BEGIN
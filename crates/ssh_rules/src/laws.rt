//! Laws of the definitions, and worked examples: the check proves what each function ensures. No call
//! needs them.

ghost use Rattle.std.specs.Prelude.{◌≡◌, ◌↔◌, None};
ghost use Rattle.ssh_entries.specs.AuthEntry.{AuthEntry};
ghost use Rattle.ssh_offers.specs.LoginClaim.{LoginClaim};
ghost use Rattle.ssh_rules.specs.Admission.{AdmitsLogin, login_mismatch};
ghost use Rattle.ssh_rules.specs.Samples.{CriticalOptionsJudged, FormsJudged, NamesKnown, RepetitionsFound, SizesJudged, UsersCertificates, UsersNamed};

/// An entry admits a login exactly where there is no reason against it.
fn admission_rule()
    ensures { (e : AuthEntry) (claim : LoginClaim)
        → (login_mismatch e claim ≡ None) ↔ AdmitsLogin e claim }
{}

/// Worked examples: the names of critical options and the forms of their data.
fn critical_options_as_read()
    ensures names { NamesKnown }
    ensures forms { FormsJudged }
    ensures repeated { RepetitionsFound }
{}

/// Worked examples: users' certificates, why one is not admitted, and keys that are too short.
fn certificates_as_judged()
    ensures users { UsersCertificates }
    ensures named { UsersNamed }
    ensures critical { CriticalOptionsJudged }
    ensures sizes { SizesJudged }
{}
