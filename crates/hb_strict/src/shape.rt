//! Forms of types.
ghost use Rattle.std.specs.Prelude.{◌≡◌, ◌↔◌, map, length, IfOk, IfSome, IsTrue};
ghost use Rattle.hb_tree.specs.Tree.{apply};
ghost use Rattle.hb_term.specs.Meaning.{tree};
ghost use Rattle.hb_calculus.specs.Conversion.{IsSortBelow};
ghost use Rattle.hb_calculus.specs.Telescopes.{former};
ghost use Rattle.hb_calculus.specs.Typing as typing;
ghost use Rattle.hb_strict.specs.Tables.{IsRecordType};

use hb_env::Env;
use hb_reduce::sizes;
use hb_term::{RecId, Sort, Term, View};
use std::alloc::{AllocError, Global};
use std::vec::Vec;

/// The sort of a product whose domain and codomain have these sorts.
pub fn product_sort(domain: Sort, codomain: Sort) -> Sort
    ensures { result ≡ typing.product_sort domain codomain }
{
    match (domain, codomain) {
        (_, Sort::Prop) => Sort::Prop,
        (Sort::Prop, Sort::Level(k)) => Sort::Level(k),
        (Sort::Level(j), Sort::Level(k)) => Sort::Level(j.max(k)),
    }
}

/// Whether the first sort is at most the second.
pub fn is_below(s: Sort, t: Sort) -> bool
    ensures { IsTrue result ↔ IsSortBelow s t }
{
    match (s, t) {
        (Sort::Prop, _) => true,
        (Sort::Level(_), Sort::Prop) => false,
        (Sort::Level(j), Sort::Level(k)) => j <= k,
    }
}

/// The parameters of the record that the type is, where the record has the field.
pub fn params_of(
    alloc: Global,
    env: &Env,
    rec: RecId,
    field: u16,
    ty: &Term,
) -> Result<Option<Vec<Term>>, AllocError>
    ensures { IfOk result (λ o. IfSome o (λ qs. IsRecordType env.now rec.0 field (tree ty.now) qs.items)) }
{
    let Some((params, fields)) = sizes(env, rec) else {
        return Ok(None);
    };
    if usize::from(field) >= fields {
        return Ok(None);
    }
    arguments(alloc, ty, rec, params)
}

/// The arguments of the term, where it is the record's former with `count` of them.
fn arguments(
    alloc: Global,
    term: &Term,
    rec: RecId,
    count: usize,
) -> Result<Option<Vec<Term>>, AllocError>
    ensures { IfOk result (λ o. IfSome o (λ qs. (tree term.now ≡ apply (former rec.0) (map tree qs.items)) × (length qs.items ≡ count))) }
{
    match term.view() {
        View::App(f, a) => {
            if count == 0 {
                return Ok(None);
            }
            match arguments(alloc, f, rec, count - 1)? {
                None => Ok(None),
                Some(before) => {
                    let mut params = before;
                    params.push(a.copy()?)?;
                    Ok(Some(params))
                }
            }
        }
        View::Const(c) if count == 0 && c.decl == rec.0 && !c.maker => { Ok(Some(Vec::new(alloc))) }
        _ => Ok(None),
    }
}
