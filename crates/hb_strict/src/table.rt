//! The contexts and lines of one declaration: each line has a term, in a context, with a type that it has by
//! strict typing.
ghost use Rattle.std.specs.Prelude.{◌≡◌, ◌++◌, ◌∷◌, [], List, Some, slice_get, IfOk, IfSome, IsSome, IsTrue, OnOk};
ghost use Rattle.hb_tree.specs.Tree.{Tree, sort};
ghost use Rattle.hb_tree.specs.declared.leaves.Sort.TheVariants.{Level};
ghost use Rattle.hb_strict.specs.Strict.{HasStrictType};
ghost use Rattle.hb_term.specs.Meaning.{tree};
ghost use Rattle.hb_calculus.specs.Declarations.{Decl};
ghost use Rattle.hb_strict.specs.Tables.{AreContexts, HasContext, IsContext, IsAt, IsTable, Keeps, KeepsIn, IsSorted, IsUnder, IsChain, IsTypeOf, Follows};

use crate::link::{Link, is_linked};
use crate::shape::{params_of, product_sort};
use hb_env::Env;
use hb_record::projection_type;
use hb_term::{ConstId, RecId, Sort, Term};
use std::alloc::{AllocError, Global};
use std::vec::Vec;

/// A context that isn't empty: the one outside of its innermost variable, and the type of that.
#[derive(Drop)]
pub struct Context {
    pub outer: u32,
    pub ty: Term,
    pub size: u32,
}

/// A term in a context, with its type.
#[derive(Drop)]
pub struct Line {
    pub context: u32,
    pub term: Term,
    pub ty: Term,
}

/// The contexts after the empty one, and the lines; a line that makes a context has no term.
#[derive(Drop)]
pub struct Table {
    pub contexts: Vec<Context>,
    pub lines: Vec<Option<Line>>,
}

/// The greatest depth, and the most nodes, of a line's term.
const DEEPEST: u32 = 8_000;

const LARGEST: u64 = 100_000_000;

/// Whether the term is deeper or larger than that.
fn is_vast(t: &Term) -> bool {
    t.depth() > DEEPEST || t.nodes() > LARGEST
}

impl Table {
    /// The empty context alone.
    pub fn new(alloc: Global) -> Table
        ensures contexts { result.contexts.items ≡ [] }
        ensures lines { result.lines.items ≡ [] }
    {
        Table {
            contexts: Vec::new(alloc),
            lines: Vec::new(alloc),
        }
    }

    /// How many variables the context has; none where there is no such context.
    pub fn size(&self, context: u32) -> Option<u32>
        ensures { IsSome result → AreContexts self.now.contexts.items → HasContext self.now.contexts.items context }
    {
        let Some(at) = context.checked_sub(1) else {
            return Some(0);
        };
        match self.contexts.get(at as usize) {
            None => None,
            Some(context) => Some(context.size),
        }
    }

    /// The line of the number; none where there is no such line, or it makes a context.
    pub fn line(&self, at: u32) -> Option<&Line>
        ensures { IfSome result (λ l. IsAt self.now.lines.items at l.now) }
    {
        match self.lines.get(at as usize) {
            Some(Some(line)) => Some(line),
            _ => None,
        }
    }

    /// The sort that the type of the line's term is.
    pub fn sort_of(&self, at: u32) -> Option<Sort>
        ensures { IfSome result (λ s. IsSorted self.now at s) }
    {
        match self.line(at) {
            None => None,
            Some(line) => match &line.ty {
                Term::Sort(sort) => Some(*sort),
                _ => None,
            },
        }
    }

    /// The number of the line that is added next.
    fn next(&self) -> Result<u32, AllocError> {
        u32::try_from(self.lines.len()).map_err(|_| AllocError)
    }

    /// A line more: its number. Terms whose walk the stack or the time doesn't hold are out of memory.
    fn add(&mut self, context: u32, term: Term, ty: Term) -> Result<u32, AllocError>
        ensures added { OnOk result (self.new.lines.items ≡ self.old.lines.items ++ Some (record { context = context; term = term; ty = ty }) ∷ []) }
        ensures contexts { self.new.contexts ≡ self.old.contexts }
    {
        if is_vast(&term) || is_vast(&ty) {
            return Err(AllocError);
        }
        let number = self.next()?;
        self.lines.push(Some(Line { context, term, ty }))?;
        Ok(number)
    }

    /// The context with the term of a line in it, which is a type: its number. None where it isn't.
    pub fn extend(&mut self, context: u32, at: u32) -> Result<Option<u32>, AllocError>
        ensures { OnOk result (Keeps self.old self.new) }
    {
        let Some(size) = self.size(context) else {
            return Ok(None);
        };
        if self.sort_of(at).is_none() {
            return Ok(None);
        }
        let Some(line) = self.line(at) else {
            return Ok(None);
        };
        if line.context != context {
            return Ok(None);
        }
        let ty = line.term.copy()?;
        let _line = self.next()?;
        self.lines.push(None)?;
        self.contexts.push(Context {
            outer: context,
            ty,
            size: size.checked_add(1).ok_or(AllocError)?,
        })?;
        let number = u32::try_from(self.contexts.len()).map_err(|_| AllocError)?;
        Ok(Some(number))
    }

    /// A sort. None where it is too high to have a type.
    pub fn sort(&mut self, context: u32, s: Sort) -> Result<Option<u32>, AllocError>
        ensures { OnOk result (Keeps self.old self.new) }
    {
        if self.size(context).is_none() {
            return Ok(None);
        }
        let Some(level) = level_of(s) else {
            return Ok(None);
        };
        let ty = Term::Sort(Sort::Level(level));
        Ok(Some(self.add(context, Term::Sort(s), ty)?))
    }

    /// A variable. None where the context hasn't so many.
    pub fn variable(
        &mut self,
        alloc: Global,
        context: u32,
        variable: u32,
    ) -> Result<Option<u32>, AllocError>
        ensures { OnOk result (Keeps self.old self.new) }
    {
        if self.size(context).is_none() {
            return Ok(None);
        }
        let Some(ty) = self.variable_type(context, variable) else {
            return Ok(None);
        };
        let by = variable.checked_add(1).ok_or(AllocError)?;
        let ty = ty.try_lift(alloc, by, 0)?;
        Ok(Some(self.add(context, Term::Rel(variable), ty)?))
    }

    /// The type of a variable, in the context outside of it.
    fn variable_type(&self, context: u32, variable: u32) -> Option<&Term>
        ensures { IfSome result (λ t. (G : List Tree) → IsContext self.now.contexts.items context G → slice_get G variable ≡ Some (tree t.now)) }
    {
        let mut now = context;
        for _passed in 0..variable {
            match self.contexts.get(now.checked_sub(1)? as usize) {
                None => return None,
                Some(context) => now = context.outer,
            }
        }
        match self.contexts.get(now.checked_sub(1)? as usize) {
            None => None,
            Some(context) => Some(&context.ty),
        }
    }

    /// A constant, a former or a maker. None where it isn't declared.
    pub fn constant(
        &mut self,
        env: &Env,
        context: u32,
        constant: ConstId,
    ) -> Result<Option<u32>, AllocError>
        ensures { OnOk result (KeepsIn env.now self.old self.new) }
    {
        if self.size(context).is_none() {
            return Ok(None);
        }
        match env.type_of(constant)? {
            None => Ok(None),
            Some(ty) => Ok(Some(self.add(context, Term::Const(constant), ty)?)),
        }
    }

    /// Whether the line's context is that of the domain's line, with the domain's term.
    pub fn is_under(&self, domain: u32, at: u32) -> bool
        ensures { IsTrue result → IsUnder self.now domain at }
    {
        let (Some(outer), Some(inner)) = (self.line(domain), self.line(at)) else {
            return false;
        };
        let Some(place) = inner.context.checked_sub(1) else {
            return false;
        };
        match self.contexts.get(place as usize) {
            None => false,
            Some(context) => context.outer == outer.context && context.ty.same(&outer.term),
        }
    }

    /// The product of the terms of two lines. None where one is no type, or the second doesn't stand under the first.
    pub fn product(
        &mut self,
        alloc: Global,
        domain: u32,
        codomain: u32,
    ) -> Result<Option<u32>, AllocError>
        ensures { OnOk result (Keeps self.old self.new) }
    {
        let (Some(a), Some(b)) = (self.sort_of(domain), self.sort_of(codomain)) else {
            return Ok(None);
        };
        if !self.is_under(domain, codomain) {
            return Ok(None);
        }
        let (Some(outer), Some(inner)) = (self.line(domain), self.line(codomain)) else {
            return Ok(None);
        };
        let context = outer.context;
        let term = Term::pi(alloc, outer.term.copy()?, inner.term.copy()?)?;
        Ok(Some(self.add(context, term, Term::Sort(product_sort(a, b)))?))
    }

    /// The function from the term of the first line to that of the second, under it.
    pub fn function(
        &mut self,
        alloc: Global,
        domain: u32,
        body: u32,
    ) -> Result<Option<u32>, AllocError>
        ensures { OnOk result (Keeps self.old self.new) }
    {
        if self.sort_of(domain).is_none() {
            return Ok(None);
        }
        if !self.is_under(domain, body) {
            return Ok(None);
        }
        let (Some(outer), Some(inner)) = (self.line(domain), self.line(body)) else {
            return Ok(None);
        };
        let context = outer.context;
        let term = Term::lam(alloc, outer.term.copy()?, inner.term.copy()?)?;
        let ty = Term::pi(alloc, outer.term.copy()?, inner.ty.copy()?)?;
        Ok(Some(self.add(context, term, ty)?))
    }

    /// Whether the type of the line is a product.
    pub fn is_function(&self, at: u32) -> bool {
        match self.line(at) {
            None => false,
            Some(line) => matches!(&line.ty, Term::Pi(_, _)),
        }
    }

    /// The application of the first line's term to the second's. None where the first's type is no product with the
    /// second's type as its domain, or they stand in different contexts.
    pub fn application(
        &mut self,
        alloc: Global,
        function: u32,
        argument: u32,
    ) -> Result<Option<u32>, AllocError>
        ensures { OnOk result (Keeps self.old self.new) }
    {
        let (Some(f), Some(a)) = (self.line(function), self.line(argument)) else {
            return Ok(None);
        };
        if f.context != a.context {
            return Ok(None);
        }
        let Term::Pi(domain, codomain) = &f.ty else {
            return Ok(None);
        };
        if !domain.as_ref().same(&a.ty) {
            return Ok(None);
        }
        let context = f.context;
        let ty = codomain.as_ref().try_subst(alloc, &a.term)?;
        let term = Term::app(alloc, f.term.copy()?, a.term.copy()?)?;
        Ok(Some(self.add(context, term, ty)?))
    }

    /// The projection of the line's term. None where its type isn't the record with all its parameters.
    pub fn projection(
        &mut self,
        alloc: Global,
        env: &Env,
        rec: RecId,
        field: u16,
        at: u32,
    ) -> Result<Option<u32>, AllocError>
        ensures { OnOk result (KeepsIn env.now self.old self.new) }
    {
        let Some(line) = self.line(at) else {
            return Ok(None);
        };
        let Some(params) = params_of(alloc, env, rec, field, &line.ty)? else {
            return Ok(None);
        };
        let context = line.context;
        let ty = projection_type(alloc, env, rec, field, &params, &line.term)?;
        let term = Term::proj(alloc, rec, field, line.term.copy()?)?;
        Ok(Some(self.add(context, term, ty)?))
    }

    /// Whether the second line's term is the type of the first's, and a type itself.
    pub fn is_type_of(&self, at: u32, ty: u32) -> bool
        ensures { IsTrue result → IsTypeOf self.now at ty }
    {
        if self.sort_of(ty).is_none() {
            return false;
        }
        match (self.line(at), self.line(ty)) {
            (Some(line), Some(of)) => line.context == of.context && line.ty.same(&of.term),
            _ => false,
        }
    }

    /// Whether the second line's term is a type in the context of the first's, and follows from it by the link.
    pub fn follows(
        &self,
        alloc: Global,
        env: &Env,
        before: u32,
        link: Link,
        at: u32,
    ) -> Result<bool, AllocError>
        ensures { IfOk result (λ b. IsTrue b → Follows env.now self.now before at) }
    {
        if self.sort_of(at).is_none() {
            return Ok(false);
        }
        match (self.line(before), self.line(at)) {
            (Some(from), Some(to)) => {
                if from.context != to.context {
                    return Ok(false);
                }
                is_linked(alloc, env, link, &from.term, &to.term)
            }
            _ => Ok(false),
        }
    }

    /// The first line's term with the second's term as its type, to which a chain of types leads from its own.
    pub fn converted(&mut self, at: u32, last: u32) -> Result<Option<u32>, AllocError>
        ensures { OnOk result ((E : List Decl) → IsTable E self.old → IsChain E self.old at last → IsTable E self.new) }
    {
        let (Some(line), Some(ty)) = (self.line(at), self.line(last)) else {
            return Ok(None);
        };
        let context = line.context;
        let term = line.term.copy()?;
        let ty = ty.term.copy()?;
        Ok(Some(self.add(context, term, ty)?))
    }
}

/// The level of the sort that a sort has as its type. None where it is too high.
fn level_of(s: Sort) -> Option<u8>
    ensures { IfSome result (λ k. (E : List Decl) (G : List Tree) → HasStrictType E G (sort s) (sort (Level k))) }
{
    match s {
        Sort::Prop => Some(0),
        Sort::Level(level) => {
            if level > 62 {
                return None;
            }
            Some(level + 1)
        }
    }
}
END
_Activity_: Check each line above for the word "examples" and copy the ones that have it.

_Response below_:
//! Laws of the definitions, and worked examples: the check proves what each function ensures. No call
/// Worked examples: the names of critical options and the forms of their data.
/// Worked examples: users' certificates, why one is not admitted, and keys that are too short.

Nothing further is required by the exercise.